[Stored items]
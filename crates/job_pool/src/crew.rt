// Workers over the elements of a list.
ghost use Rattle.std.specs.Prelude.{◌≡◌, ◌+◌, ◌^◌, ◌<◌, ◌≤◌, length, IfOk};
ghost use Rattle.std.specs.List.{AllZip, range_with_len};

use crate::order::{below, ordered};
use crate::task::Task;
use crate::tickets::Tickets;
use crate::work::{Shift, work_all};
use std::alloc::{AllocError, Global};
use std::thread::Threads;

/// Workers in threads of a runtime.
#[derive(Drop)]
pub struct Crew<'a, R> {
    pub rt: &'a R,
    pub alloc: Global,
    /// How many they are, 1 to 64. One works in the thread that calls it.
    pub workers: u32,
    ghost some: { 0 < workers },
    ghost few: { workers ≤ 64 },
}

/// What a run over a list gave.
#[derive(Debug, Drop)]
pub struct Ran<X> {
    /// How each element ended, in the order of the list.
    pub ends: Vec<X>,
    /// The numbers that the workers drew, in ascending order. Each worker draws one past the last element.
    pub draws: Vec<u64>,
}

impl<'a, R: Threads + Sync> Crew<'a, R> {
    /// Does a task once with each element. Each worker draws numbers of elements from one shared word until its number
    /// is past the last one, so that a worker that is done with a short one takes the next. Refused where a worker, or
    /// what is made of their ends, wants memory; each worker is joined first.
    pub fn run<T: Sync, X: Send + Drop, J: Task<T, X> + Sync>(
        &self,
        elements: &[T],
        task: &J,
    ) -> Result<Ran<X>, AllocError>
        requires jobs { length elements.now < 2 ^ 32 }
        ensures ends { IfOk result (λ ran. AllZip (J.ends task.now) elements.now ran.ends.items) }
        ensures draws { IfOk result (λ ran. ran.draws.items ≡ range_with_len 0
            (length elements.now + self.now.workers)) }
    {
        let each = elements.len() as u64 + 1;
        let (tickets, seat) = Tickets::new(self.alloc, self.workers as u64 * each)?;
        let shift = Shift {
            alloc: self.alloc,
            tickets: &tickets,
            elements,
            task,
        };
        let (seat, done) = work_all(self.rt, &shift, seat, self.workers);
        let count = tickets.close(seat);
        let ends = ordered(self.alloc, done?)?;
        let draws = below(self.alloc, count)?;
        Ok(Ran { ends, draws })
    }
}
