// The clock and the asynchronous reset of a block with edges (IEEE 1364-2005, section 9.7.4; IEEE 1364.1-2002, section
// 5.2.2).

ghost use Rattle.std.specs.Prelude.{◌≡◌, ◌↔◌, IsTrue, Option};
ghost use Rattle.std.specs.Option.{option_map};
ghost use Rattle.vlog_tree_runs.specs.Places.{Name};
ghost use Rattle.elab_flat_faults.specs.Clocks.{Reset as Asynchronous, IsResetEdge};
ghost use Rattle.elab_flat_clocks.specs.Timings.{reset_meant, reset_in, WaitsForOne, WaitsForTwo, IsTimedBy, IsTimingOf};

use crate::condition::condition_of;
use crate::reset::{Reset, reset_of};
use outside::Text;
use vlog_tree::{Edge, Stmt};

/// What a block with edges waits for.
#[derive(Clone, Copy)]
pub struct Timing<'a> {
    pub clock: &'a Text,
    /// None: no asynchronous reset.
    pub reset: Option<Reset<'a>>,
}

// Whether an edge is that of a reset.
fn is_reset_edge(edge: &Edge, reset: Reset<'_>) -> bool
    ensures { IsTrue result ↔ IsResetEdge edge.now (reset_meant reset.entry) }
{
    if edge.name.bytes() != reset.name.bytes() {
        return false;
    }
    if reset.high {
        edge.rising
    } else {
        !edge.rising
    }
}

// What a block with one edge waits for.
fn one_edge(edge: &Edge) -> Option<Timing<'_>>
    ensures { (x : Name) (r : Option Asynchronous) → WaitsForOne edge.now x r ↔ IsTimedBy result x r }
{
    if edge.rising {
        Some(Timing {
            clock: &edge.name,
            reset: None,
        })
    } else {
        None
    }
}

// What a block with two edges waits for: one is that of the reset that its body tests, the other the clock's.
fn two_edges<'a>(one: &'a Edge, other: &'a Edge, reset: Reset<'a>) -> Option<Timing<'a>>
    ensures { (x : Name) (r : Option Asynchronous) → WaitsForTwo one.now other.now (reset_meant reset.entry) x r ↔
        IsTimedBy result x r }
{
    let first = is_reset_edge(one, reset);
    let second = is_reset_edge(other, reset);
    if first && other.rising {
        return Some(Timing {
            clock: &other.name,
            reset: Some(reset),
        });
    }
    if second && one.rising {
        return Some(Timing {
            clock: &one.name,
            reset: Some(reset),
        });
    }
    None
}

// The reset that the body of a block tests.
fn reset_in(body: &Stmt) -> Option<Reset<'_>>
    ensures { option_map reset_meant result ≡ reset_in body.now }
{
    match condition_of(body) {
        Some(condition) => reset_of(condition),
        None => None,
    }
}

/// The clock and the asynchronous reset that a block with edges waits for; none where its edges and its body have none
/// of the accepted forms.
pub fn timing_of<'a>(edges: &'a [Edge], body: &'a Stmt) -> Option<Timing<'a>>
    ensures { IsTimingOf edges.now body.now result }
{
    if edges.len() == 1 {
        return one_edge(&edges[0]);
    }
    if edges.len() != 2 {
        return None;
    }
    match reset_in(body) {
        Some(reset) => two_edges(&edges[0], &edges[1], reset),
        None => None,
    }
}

▶ **What you need to do**
Copy all lines of the preceding data that hold the word "IsTimingOf".

▶ **Answer to this problem**
ghost use Rattle.elab_flat_clocks.specs.Timings.{reset_meant, reset_in, WaitsForOne, WaitsForTwo, IsTimedBy, IsTimingOf};
    ensures { IsTimingOf edges.now body.now result }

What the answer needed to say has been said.